There are also some functions which allow to combine different error correlation matrices for which the variables themselves are corelated with error correlation matrix corr_between, as well as functions to separate a combined matrix:

corr_between=np.array([[1, 0.4], [0.4, 1]])
flat_corr = cm.calculate_flattened_corr(
         [errcorrx, 0.5*np.ones_like(errcorrx)+0.5 * np.eye(len(errcorrx))],
         corr_between
     )
corrs, corr_between = cm.separate_flattened_corr(flat_cor, 2) # here the 2 is how many error correlation arrays the provided array should be splitted.

It is important to note that here the error correlation matrices provided (or separated into) must be of the same shape. In addition to taking into account the corr_between values, to calculate the error correlation between e.g. the error on the first index of the first variable and the third index of the second variable, we average the error-correlation between the first and third index of the first variable and the error correlation between the first and third index of the second variable.

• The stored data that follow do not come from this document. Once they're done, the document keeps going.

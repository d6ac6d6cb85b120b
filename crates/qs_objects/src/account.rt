// Accounts: a balance from 0 to the largest.

ghost use Rattle.std.specs.Prelude.{◌≡◌};
ghost use Rattle.qs_objects.specs.Objects.{IsBalance, account_state};
ghost use Rattle.qs_objects.specs.audit.Act.{account_act};

use crate::Op;
use crate::object::{GREATEST_BALANCE, count_refusal};

// Serves a request to an account.
#[inline(always)]
pub(crate) fn apply(balance: &mut i64, refused: &mut i64, op: Op, args: &[i64]) -> Option<i64>
    requires kept { IsBalance balance.old }
    ensures keeps { IsBalance balance.new }
    ensures acts { (account_state balance.new refused.new, result)
        ≡ account_act (account_state balance.old refused.old) balance.old op args.now }
{
    match (op, args) {
        (Op::Deposit, [n]) => {
            if *n < 0 || *n > GREATEST_BALANCE - *balance {
                count_refusal(refused);
            } else {
                *balance += *n;
            }
            None
        }
        (Op::Withdraw, [n]) => {
            if *n < 0 || *n > *balance {
                count_refusal(refused);
            } else {
                *balance -= *n;
            }
            None
        }
        _ => ask(*balance, *refused, op, args),
    }
}

// Answers what is no command that fits: a query, or None where the request fits nothing. A function of its own, so that
// `apply` looks at commands first.
#[inline(never)]
fn ask(balance: i64, refused: i64, op: Op, args: &[i64]) -> Option<i64>
    ensures answers { result ≡ (account_act (account_state balance refused) balance op args.now).1 }
{
    match (op, args) {
        (Op::Balance, []) => Some(balance),
        (Op::Refused, []) => Some(refused),
        _ => None,
    }
}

There are also other useful functions that are used within punpy, but might also be useful by themselves (though these should be used with caution). This includes e.g. a function to change the order of variable dimensions and calculate the resulting changes to the error correlation matrix:

errcorryx2 = cm.change_order_errcorr_dims(
         errcorrxy, ["x", "y"], ["y", "x"], dim_sizes
     )

Another function allows to expand error correlation matrices in one or more dimensions to more dimensions:

outcorr2_x = cm.expand_errcorr_dims(errcorrx, "x", ["x", "y", "z"], dim_sizes)
outcorr2_y = cm.expand_errcorr_dims(errcorry, "y", ["x", "y", "z"], dim_sizes)
outcorr2_z = cm.expand_errcorr_dims(errcorrz, "z", ["x", "y", "z"], dim_sizes)

outcorr2_xyz = np.dot(np.dot(outcorr2_x, outcorr2_y), outcorr2_z)

This is typically needed when calculating the total error correlation matrix from error correlation matrices provided separately per dimension. The expanded error correlation matrix returned by this function should be used in a dot product with error correlation matrices in other dimensions (the expanded matrix is not meaningful by itself).